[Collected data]

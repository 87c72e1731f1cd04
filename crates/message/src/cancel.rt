// Cancel Location, operation 3.
ghost use Rattle.std.specs.Prelude.{◌≡◌, ◌≤◌};
ghost use Rattle.message.specs.Messages.{cancel, identity};
ghost use Rattle.message.specs.Writing.{written};

use super::kinds::CancelType;
use super::message::Message;
use super::parts::invoke;
use numbers::address::Lmsi;
use numbers::imsi::Imsi;
use operation::codes::Operation;

// Whom a cancel is about: 04 IMSI or, if the stay has an LMSI, 30 holding 04 IMSI and 04 LMSI.
fn identity_element(imsi: Imsi, lmsi: Option<Lmsi>) -> Message
    ensures all { written result ≡ identity imsi lmsi }
    ensures size { result.len ≤ 18 }
{
    let mut message = Message::empty();
    match lmsi {
        None => message.put_digits(0x04, &imsi.digits),
        Some(lmsi) => {
            let mut both = Message::empty();
            both.put_digits(0x04, &imsi.digits);
            both.put(0x04, &lmsi.octets);
            message.put(0x30, both.as_slice());
        }
    }
    message
}

// A cancel is the first and only invoke of its dialogue.
pub fn cancel_location(imsi: Imsi, lmsi: Option<Lmsi>, reason: CancelType) -> Message
    ensures { written result ≡ cancel imsi lmsi reason }
{
    let mut argument = identity_element(imsi, lmsi);
    argument.put(0x0A, &[u8::from(reason)]);
    invoke(1, Operation::CancelLocation, argument.as_slice())
}
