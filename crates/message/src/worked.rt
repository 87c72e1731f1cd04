// Worked octets, proved of the definitions that the contracts cite.
ghost use Rattle.message.specs.Worked.{WorkedOctets};

pub fn worked_octets_hold()
    ensures { WorkedOctets }
{}
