// Components that the register sends: inserts, cancels, results and errors. Lengths are written in one octet.
#![tactic(auto)]

pub mod cancel;
pub mod insert;
pub mod kinds;
pub mod message;
pub mod outcome;
mod parts;
pub mod worked;
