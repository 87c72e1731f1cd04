// Values that messages hold, with their numbers (TS 29.002).
ghost use Rattle.std.specs.Prelude.{◌≡◌};
ghost use Rattle.message.specs.Kinds.{access_number, cancel_number, codes_tag, mode_of};

use octets::range::OutOfRange;

// Why a location is cancelled.
#[derive(Clone, Copy, Debug, PartialEq, Eq)]
pub enum CancelType {
    UpdateProcedure = 0,
    SubscriptionWithdraw = 1,
}

impl From<CancelType> for u8 {
    ghost from_gives = { λ reason n. n ≡ cancel_number reason };

    fn from(reason: CancelType) -> u8 {
        reason as u8
    }
}

// The sides that a subscription has.
#[derive(Clone, Copy, Debug, PartialEq, Eq)]
pub enum AccessMode {
    Both = 0,
    CircuitOnly = 1,
    PacketOnly = 2,
}

impl From<AccessMode> for u8 {
    ghost from_gives = { λ mode n. n ≡ access_number mode };

    fn from(mode: AccessMode) -> u8 {
        mode as u8
    }
}

// Written out, as those of other enums are: each names its own cases.
impl TryFrom<u8> for AccessMode {
    type Error = OutOfRange;

    ghost try_from_gives = { λ n mode. mode ≡ mode_of n };

    fn try_from(number: u8) -> Result<AccessMode, OutOfRange> {
        match number {
            0 => Ok(AccessMode::Both),
            1 => Ok(AccessMode::CircuitOnly),
            2 => Ok(AccessMode::PacketOnly),
            _ => Err(OutOfRange),
        }
    }
}

// The services whose codes an insert holds.
#[derive(Clone, Copy, Debug, PartialEq, Eq)]
pub enum Service {
    Bearer,
    Teleservice,
}

impl Service {
    // The tag of a list of such codes: where they stand in an insert and not what the service is, so no conversion.
    pub fn tag(self) -> u8
        ensures { result ≡ codes_tag self }
    {
        match self {
            Service::Bearer => 0xA4,
            Service::Teleservice => 0xA6,
        }
    }
}
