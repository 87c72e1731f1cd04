// Insert Subscriber Data, operation 7: what a download is made of.
ghost use Rattle.std.specs.Prelude.{◌≡◌, ℕ, ◌+◌, ◌*◌, ◌<◌, ◌≤◌, ◌++◌, length, take};
ghost use Rattle.message.specs.Messages.{circuit_insert, codes_insert, packet_insert};
ghost use Rattle.message.specs.Writing.{coded, codes_in, written};

use super::kinds::{AccessMode, Service};
use super::message::Message;
use super::parts::invoke;
use numbers::imsi::Imsi;
use numbers::node::Msisdn;
use operation::codes::Operation;

// Insert 1 for the circuit side. The IMSI stands in front in a dialogue that the register itself starts.
pub fn circuit_insert(imsi: Option<Imsi>, msisdn: Msisdn, category: u8) -> Message
    ensures { written result ≡ circuit_insert imsi msisdn category }
{
    let mut argument = Message::empty();
    argument.put_optional_imsi(imsi);
    argument.put_number(0x81, &msisdn.digits);
    argument.put(0x82, &[category]);
    argument.put(0x83, &[0]);
    invoke(1, Operation::InsertSubscriberData, argument.as_slice())
}

// Insert 1 for the packet side. Apart from the circuit side's: other elements stand in it, in other places.
pub fn packet_insert(imsi: Option<Imsi>, msisdn: Msisdn, mode: AccessMode) -> Message
    ensures { written result ≡ packet_insert imsi msisdn mode }
{
    let mut argument = Message::empty();
    argument.put_optional_imsi(imsi);
    argument.put_number(0x81, &msisdn.digits);
    argument.put(0x83, &[0]);
    argument.put(0x98, &[u8::from(mode)]);
    invoke(1, Operation::InsertSubscriberData, argument.as_slice())
}

impl Message {
    // An element that holds codes, each 04 01 and the octet.
    fn put_codes(&mut self, tag: u8, codes: &[u8])
        requires short { 3 * length codes.now < 128 }
        requires room { self.old.len + 2 + 3 * length codes.now ≤ 256 }
        ensures more { written self.new ≡ written self.old ++ coded tag (codes_in codes.now) }
        ensures size { self.new.len ≡ self.old.len + 2 + 3 * length codes.now }
    {
        self.head(tag, 3 * codes.len());
        for code in codes {
            self.put(0x04, &[*code]);
        }
    }
}

// Ten codes, or all if there are fewer.
fn next_ten(left: &[u8]) -> &[u8]
    ensures front { result.now ≡ take 10 left.now }
    ensures few { length result.now ≤ 10 }
{
    &left[..left.len().min(10)]
}

// A later insert: the next ten of the codes that are left, or all of them.
pub fn codes_insert(id: u8, service: Service, left: &[u8]) -> Message
    ensures { written result ≡ codes_insert id service left.now }
{
    let mut argument = Message::empty();
    argument.put_codes(service.tag(), next_ten(left));
    invoke(id, Operation::InsertSubscriberData, argument.as_slice())
}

**WHAT YOU HAVE TO DO**
Output the records above in full, with nothing altered.

**YOUR RESPONSE**
repository 87c72e1731f1cd04
filename crates/message/src/cancel.rt
// Cancel Location, operation 3.
ghost use Rattle.std.specs.Prelude.{◌≡◌, ◌≤◌};
ghost use Rattle.message.specs.Messages.{cancel, identity};
ghost use Rattle.message.specs.Writing.{written};

use super::kinds::CancelType;
use super::message::Message;
use super::parts::invoke;
use numbers::address::Lmsi;
use numbers::imsi::Imsi;
use operation::codes::Operation;

// Whom a cancel is about: 04 IMSI or, if the stay has an LMSI, 30 holding 04 IMSI and 04 LMSI.
fn identity_element(imsi: Imsi, lmsi: Option<Lmsi>) -> Message
    ensures all { written result ≡ identity imsi lmsi }
    ensures size { result.len ≤ 18 }
{
    let mut message = Message::empty();
    match lmsi {
        None => message.put_digits(0x04, &imsi.digits),
        Some(lmsi) => {
            let mut both = Message::empty();
            both.put_digits(0x04, &imsi.digits);
            both.put(0x04, &lmsi.octets);
            message.put(0x30, both.as_slice());
        }
    }
    message
}

// A cancel is the first and only invoke of its dialogue.
pub fn cancel_location(imsi: Imsi, lmsi: Option<Lmsi>, reason: CancelType) -> Message
    ensures { written result ≡ cancel imsi lmsi reason }
{
    let mut argument = identity_element(imsi, lmsi);
    argument.put(0x0A, &[u8::from(reason)]);
    invoke(1, Operation::CancelLocation, argument.as_slice())
}
filename crates/message/src/worked.rt
repository 87c72e1731f1cd04
// Worked octets, proved of the definitions that the contracts cite.
ghost use Rattle.message.specs.Worked.{WorkedOctets};

pub fn worked_octets_hold()
    ensures { WorkedOctets }
{}
// Components that the register sends: inserts, cancels, results and errors. Lengths are written in one octet.
#![tactic(auto)]

pub mod cancel;
pub mod insert;
pub mod kinds;
pub mod message;
pub mod outcome;
mod parts;
pub mod worked;
repository 87c72e1731f1cd04
// Values that messages hold, with their numbers (TS 29.002).
ghost use Rattle.std.specs.Prelude.{◌≡◌};
ghost use Rattle.message.specs.Kinds.{access_number, cancel_number, codes_tag, mode_of};

use octets::range::OutOfRange;

// Why a location is cancelled.
#[derive(Clone, Copy, Debug, PartialEq, Eq)]
pub enum CancelType {
    UpdateProcedure = 0,
    SubscriptionWithdraw = 1,
}

impl From<CancelType> for u8 {
    ghost from_gives = { λ reason n. n ≡ cancel_number reason };

    fn from(reason: CancelType) -> u8 {
        reason as u8
    }
}

// The sides that a subscription has.
#[derive(Clone, Copy, Debug, PartialEq, Eq)]
pub enum AccessMode {
    Both = 0,
    CircuitOnly = 1,
    PacketOnly = 2,
}

impl From<AccessMode> for u8 {
    ghost from_gives = { λ mode n. n ≡ access_number mode };

    fn from(mode: AccessMode) -> u8 {
        mode as u8
    }
}

// Written out, as those of other enums are: each names its own cases.
impl TryFrom<u8> for AccessMode {
    type Error = OutOfRange;

    ghost try_from_gives = { λ n mode. mode ≡ mode_of n };

    fn try_from(number: u8) -> Result<AccessMode, OutOfRange> {
        match number {
            0 => Ok(AccessMode::Both),
            1 => Ok(AccessMode::CircuitOnly),
            2 => Ok(AccessMode::PacketOnly),
            _ => Err(OutOfRange),
        }
    }
}

// The services whose codes an insert holds.
#[derive(Clone, Copy, Debug, PartialEq, Eq)]
pub enum Service {
    Bearer,
    Teleservice,
}

impl Service {
    // The tag of a list of such codes: where they stand in an insert and not what the service is, so no conversion.
    pub fn tag(self) -> u8
        ensures { result ≡ codes_tag self }
    {
        match self {
            Service::Bearer => 0xA4,
            Service::Teleservice => 0xA6,
        }
    }
}
repository 87c72e1731f1cd04
// Insert Subscriber Data, operation 7: what a download is made of.
ghost use Rattle.std.specs.Prelude.{◌≡◌, ℕ, ◌+◌, ◌*◌, ◌<◌, ◌≤◌, ◌++◌, length, take};
ghost use Rattle.message.specs.Messages.{circuit_insert, codes_insert, packet_insert};
ghost use Rattle.message.specs.Writing.{coded, codes_in, written};

use super::kinds::{AccessMode, Service};
use super::message::Message;
use super::parts::invoke;
use numbers::imsi::Imsi;
use numbers::node::Msisdn;
use operation::codes::Operation;

// Insert 1 for the circuit side. The IMSI stands in front in a dialogue that the register itself starts.
pub fn circuit_insert(imsi: Option<Imsi>, msisdn: Msisdn, category: u8) -> Message
    ensures { written result ≡ circuit_insert imsi msisdn category }
{
    let mut argument = Message::empty();
    argument.put_optional_imsi(imsi);
    argument.put_number(0x81, &msisdn.digits);
    argument.put(0x82, &[category]);
    argument.put(0x83, &[0]);
    invoke(1, Operation::InsertSubscriberData, argument.as_slice())
}

// Insert 1 for the packet side. Apart from the circuit side's: other elements stand in it, in other places.
pub fn packet_insert(imsi: Option<Imsi>, msisdn: Msisdn, mode: AccessMode) -> Message
    ensures { written result ≡ packet_insert imsi msisdn mode }
{
    let mut argument = Message::empty();
    argument.put_optional_imsi(imsi);
    argument.put_number(0x81, &msisdn.digits);
    argument.put(0x83, &[0]);
    argument.put(0x98, &[u8::from(mode)]);
    invoke(1, Operation::InsertSubscriberData, argument.as_slice())
}

impl Message {
    // An element that holds codes, each 04 01 and the octet.
    fn put_codes(&mut self, tag: u8, codes: &[u8])
        requires short { 3 * length codes.now < 128 }
        requires room { self.old.len + 2 + 3 * length codes.now ≤ 256 }
        ensures more { written self.new ≡ written self.old ++ coded tag (codes_in codes.now) }
        ensures size { self.new.len ≡ self.old.len + 2 + 3 * length codes.now }
    {
        self.head(tag, 3 * codes.len());
        for code in codes {
            self.put(0x04, &[*code]);
        }
    }
}

// Ten codes, or all if there are fewer.
fn next_ten(left: &[u8]) -> &[u8]
    ensures front { result.now ≡ take 10 left.now }
    ensures few { length result.now ≤ 10 }
{
    &left[..left.len().min(10)]
}

// A later insert: the next ten of the codes that are left, or all of them.
pub fn codes_insert(id: u8, service: Service, left: &[u8]) -> Message
    ensures { written result ≡ codes_insert id service left.now }
{
    let mut argument = Message::empty();
    argument.put_codes(service.tag(), next_ten(left));
    invoke(id, Operation::InsertSubscriberData, argument.as_slice())
}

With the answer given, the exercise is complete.